マスターはひっくり返った椅子を直しながら、ブツブツ言った。
「確かに、うちのマドラー、特注の真鍮製だから、お母さま、お目が高いけど、そんな大声で突然言うことじゃないでしょ?」
「ごめんなさい。いつも忘れてしまうから、今日こそ忘れないようにしなくちゃって思っていて。ちょうど思い出したからつい声が大きくなっちゃった」
「分かったわよ。ひとつ包んでおくから、帰りに忘れないようにね。でも、本当に高いのよ」
「お代は、後でもいい? 私が忘れちゃうものだから、母に代金もらってなくて」
「いいわよ。忘れなければね!」
なんとかその場はうまく(?)誤魔化せたが、私の心は衝撃的な事実を知って動揺していた。
確かにあの少年に初めて会ったとき、どこかで会ったような気はしていたが、まさか転生人とは思えなかった。これまで出会った転生人は、犬になったアドリエンヌさまも含めて、だいたい一目か二目で判ったものだが、この少年のときには何故気付かなかったのだろう?
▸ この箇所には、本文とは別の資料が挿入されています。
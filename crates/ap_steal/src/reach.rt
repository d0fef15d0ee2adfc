//! How far a worker searches by itself before it shares out the kids of a path.

ghost use Rattle.std.specs.Prelude.{◌≡◌, ◌≢◌, ◌≤◌};
ghost use Rattle.ap_steal.specs.Reach as specs;
ghost use Rattle.ap_steal.specs.Reach.{reach_by_twos, reach_of_narrow};

/// A worker whose deque has paths searches all that is below a path, after so many.
const FIRST: u64 = 16;

/// How far it searches until then.
const LEAST: u64 = 64;

/// How many choices a worker makes that left its deque empty with so many paths in a row, on a way of this
/// length.
fn of_narrow(narrow: u32, way: usize) -> u64
    requires { narrow ≢ 0 }
    ensures { result ≡ reach_of_narrow narrow way }
{
    let again = (way as u64).min(1 << 24).max(LEAST);
    again << (3 * narrow.trailing_zeros().min(13))
}

/// How many choices a worker makes below a path where all answers are wanted, at most, or all of them:
/// after `count` paths, the last `narrow` of which left its deque empty, on a way of this length.
pub fn reach_for_all(count: u64, narrow: u32, way: usize) -> Option<u64>
    ensures { result ≡ specs.reach_for_all count narrow way }
{
    if narrow != 0 {
        return Some(of_narrow(narrow, way));
    }
    if count > FIRST { None } else { Some(LEAST) }
}

/// How many choices it makes where so many twos divide the length of the way, and not all answers are
/// wanted.
fn first_by(twos: u32) -> u64
    requires { twos ≤ 26 }
    ensures { result ≡ reach_by_twos twos }
{
    32 << (twos + twos.min(5))
}

/// How many choices a worker makes below a path where not all answers are wanted, on a way of this
/// length.
pub fn reach_for_first(way: usize) -> u64
    ensures { result ≡ specs.reach_for_first way }
{
    if way == 0 {
        return 0;
    }
    first_by((way as u64).trailing_zeros().min(26))
}
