//! A worker.

ghost use Rattle.std.specs.Prelude.{◌≡◌, ℕ, true, false, [], ◌∷◌, List as list};
ghost use Rattle.ap_paths.specs.Entries.{entries_of};
ghost use Rattle.ap_paths.specs.History.{has_stop};
ghost use Rattle.ap_tools.specs.Seats.{book_id, book_limit, SameSeat};
ghost use Rattle.ap_tools.specs.Planned.{OwnPlanned, IsOver};
ghost use Rattle.ap_tools.specs.Order.{IsSole, IsOrdered};
ghost use Rattle.ap_tools.specs.Accounts.{EndsJust, NoneLost};

use crate::jobs::Job;
use crate::step::run_path;
use ap_defs::memory::Memory;
use ap_entering::looking::is_over;
use ap_io::Gate;
use ap_paths::Tree;
use ap_tools::tools::Tools;
use ap_tools::{Placed, Seat, Shape, SharedBook};
use crossbeam_utils::Backoff;
use std::alloc::Global;
use std::sync::Wait;

/// A worker looks whether the search was stopped after so many paths, and whenever it finds none.
const LOOKS: u64 = 64;

/// Ends the search.
fn stop<R: Wait, T: Tree>(rt: &R, tree: &T, book: &SharedBook, seat: &mut Seat)
    requires book { seat.old.book ≡ book_id book.now }
    requires own { OwnPlanned (T.choices tree.now) (T.plan tree.now) (book_limit book.now)
        seat.old.number seat.old.seen }
    ensures same { SameSeat seat.old seat.new }
    ensures own { OwnPlanned (T.choices tree.now) (T.plan tree.now) (book_limit book.now)
        seat.new.number seat.new.seen }
    ensures stands { has_stop (entries_of seat.new.seen) ≡ true }
{
    let _tree = tree;
    book.stop(rt, seat);
}

/// Runs a path. Where memory is wanting, it ends the search, and says no.
fn run_or_stop<W: Shape, R: Wait, T: Tree>(
    rt: &R,
    alloc: Global,
    tree: &T,
    book: &SharedBook,
    seat: &mut Seat,
    tools: &mut Tools<W>,
    path: &Placed<W>,
) -> bool
    requires book { seat.old.book ≡ book_id book.now }
    requires shape { T.choices tree.now ≡ W.choices }
    requires own { OwnPlanned (T.choices tree.now) (T.plan tree.now) (book_limit book.now)
        seat.old.number seat.old.seen }
    ensures same { SameSeat seat.old seat.new }
    ensures own { OwnPlanned (T.choices tree.now) (T.plan tree.now) (book_limit book.now)
        seat.new.number seat.new.seen }
    ensures alone { tools.new.alone ≡ tools.old.alone }
    ensures order { tools.old.alone ≡ true →
        IsSole (path.now ∷ tools.old.hand.items) seat.old.number seat.old.seen →
        IsSole tools.new.hand.items seat.new.number seat.new.seen }
    ensures held { has_stop (entries_of seat.new.seen) ≡ false →
        NoneLost seat.old.number seat.old.seen tools.old (path.now ∷ []) seat.new.seen tools.new }
{
    match run_path(rt, alloc, tree, book, seat, tools, path) {
        Ok(()) => true,
        Err(Memory) => {
            stop(rt, tree, book, seat);
            false
        }
    }
}

/// Runs the next path, if there is one. Says no where there is none, or memory is wanting.
fn run_next<W: Shape, R: Wait, T: Tree, G: Gate>(
    rt: &R,
    alloc: Global,
    tree: &T,
    gate: &G,
    book: &SharedBook,
    seat: &mut Seat,
    tools: &mut Tools<W>,
) -> bool
    requires book { seat.old.book ≡ book_id book.now }
    requires shape { T.choices tree.now ≡ W.choices }
    requires own { OwnPlanned (T.choices tree.now) (T.plan tree.now) (book_limit book.now)
        seat.old.number seat.old.seen }
    ensures same { SameSeat seat.old seat.new }
    ensures own { OwnPlanned (T.choices tree.now) (T.plan tree.now) (book_limit book.now)
        seat.new.number seat.new.seen }
    ensures alone { tools.new.alone ≡ tools.old.alone }
    ensures order { tools.old.alone ≡ true →
        IsSole tools.old.hand.items seat.old.number seat.old.seen →
        IsSole tools.new.hand.items seat.new.number seat.new.seen }
    ensures held { has_stop (entries_of seat.new.seen) ≡ false →
        NoneLost seat.old.number seat.old.seen tools.old [] seat.new.seen tools.new }
{
    match tools.next() {
        Some(path) => {
            tools.count = tools.count.saturating_add(1);
            gate.enter(tools.number, tools.count);
            run_or_stop(rt, alloc, tree, book, seat, tools, &path)
        }
        None => false,
    }
}

/// Runs the next path, or looks whether the search is over.
fn go_on<W: Shape, R: Wait, T: Tree, G: Gate>(
    rt: &R,
    alloc: Global,
    tree: &T,
    gate: &G,
    book: &SharedBook,
    seat: &mut Seat,
    tools: &mut Tools<W>,
    backoff: &Backoff,
) -> bool
    requires book { seat.old.book ≡ book_id book.now }
    requires shape { T.choices tree.now ≡ W.choices }
    requires own { OwnPlanned (T.choices tree.now) (T.plan tree.now) (book_limit book.now)
        seat.old.number seat.old.seen }
    ensures same { SameSeat seat.old seat.new }
    ensures own { OwnPlanned (T.choices tree.now) (T.plan tree.now) (book_limit book.now)
        seat.new.number seat.new.seen }
    ensures alone { tools.new.alone ≡ tools.old.alone }
    ensures over { result ≡ true → IsOver seat.new.seen }
    ensures order { tools.old.alone ≡ true →
        IsSole tools.old.hand.items seat.old.number seat.old.seen →
        IsSole tools.new.hand.items seat.new.number seat.new.seen }
    ensures held { has_stop (entries_of seat.new.seen) ≡ false →
        NoneLost seat.old.number seat.old.seen tools.old [] seat.new.seen tools.new }
{
    if run_next(rt, alloc, tree, gate, book, seat, tools) {
        if tools.count % LOOKS != 0 {
            backoff.reset();
            return false;
        }
    } else if !backoff.is_completed() {
        backoff.snooze();
        return false;
    }
    backoff.reset();
    is_over(rt, tree, book, seat)
}

/// Runs paths until the worker's own turn finds that the search is over. Where memory is wanting, it
/// enters a Stop first. It leaves its seat, and its tools with what is in them.
pub fn work<W: Shape, R: Wait, T: Tree, G: Gate>(
    rt: &R,
    alloc: Global,
    tree: &T,
    gate: &G,
    book: &SharedBook,
    job: Job<W>,
) -> Job<W>
    requires book { job.seat.book ≡ book_id book.now }
    requires shape { T.choices tree.now ≡ W.choices }
    requires own { OwnPlanned (T.choices tree.now) (T.plan tree.now) (book_limit book.now)
        job.seat.number job.seat.seen }
    ensures same { SameSeat job.seat result.seat }
    ensures own { OwnPlanned (T.choices tree.now) (T.plan tree.now) (book_limit book.now)
        result.seat.number result.seat.seen }
    ensures over { IsOver result.seat.seen }
    ensures order { job.tools.alone ≡ true →
        IsSole job.tools.hand.items job.seat.number job.seat.seen →
        IsOrdered result.seat.number result.seat.seen }
    ensures held { has_stop (entries_of result.seat.seen) ≡ false →
        NoneLost job.seat.number job.seat.seen job.tools [] result.seat.seen result.tools }
{
    let Job {
        mut seat,
        mut tools,
    } = job;
    let backoff = Backoff::new();
    for _ in rt.forever() {
        if go_on(rt, alloc, tree, gate, book, &mut seat, &mut tools, &backoff) {
            return Job { seat, tools };
        }
    }
    unreachable!()
}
犬のアドリエンヌさまの年齢も含め、だいたい似たような頃に転生して同じくらいの年だというのに、この少年だけ極端に若かったからだろうか。
しかし何故、ゾルには判ったのだろうか。しかもテレビモニター越しの覆面をした姿だったというのに。
とにかく、私にとってはいろいろなことがショッキングだったが、一番の理由はこれだろう。
探し求めていた大魔術師マドゥーラの転生した姿が、十才にも満たない少年だったということだ……。